● What to do: From the entries that follow, copy each line in which "specs" appears.

● Input for this task:

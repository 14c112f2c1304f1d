// The faults of a line past the deepest nesting.
ghost use Rattle.std.specs.Prelude.{◌≡◌, ◌≤◌, length};
ghost use Rattle.wf_tree.specs.Plain.{plain_tree};
ghost use Rattle.wf_yaml_line.specs.Keys.{key_of};
ghost use Rattle.wf_yaml_line.specs.Views.{ReadsAs, key_view};
ghost use Rattle.wf_yaml.specs.Blocks as blocks;

use crate::block_scalars::header_fault;
use crate::starts::{has_tab_block, is_item, starts_scalar};
use std::alloc::Global;
use wf_tree::Tree;
use wf_yaml_flow::one_line;
use wf_yaml_line::{
    Fault, Key, Kind, YamlFault, behind_first, ends_line, is_delay_key, noting, read_key,
    skip_blanks,
};

/// A scalar by itself: of a block scalar the marks alone.
fn line_alone(
    alloc: Global,
    delay: bool,
    depth: u32,
    number: u32,
    text: &[char],
) -> Result<Tree, YamlFault>
    requires { depth ≤ 102 }
    ensures { ReadsAs plain_tree result (blocks.line_alone delay number depth text.now) }
{
    if starts_scalar(text) {
        noting(header_fault(number, text), Ok(Tree::Null))
    } else {
        one_line(alloc, delay, number, depth, text)
    }
}

/// What stands behind a key on its line.
fn value_line(alloc: Global, depth: u32, number: u32, key: &Key<'_>) -> Result<Tree, YamlFault>
    requires { depth ≤ 102 }
    ensures { ReadsAs plain_tree result (blocks.value_line number depth (key_view key.now)) }
{
    if ends_line(key.rest) {
        return Ok(Tree::Null);
    }
    let delay = is_delay_key(key.text.as_str());
    line_alone(alloc, delay, depth, number, skip_blanks(key.rest))
}

fn key_line(alloc: Global, depth: u32, number: u32, key: &Key<'_>) -> Result<Tree, YamlFault>
    requires { depth ≤ 102 }
    ensures { ReadsAs plain_tree result (blocks.key_line number depth (key_view key.now)) }
{
    let tree = value_line(alloc, depth, number, key);
    noting(key.refusal(number), tree)
}

fn other_line(alloc: Global, depth: u32, number: u32, text: &[char]) -> Result<Tree, YamlFault>
    requires { depth ≤ 102 }
    ensures { ReadsAs plain_tree result
        (blocks.other_line number depth text.now (key_of text.now)) }
{
    match &read_key(alloc, text)? {
        Some(key) => key_line(alloc, depth, number, key),
        None => line_alone(alloc, false, depth, number, text),
    }
}

/// The faults of a line past the deepest nesting. Its items stand in each other, one a turn.
pub(crate) fn deep(alloc: Global, depth: u32, number: u32, text: &[char]) -> Result<Tree, YamlFault>
    requires { depth ≤ 102 }
    ensures { ReadsAs plain_tree result (blocks.deep_line (length text.now) number depth text.now) }
{
    let mut left = text.len();
    let mut content = text;
    'items: loop {
        if left == 0 {
            return Ok(Tree::Null);
        }
        if !is_item(content) {
            return other_line(alloc, depth, number, content);
        }
        let rest = behind_first(content);
        if ends_line(rest) {
            return Ok(Tree::Null);
        }
        let inner = skip_blanks(rest);
        let is_refused = has_tab_block(alloc, rest, inner)?;
        if is_refused {
            return Err(YamlFault::Refused(Fault {
                line: number,
                kind: Kind::Tab,
            }));
        }
        content = inner;
        left -= 1;
    }
}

● Exercise response:
ghost use Rattle.std.specs.Prelude.{◌≡◌, ◌≤◌, length};
ghost use Rattle.wf_tree.specs.Plain.{plain_tree};
ghost use Rattle.wf_yaml_line.specs.Keys.{key_of};
ghost use Rattle.wf_yaml_line.specs.Views.{ReadsAs, key_view};
ghost use Rattle.wf_yaml.specs.Blocks as blocks;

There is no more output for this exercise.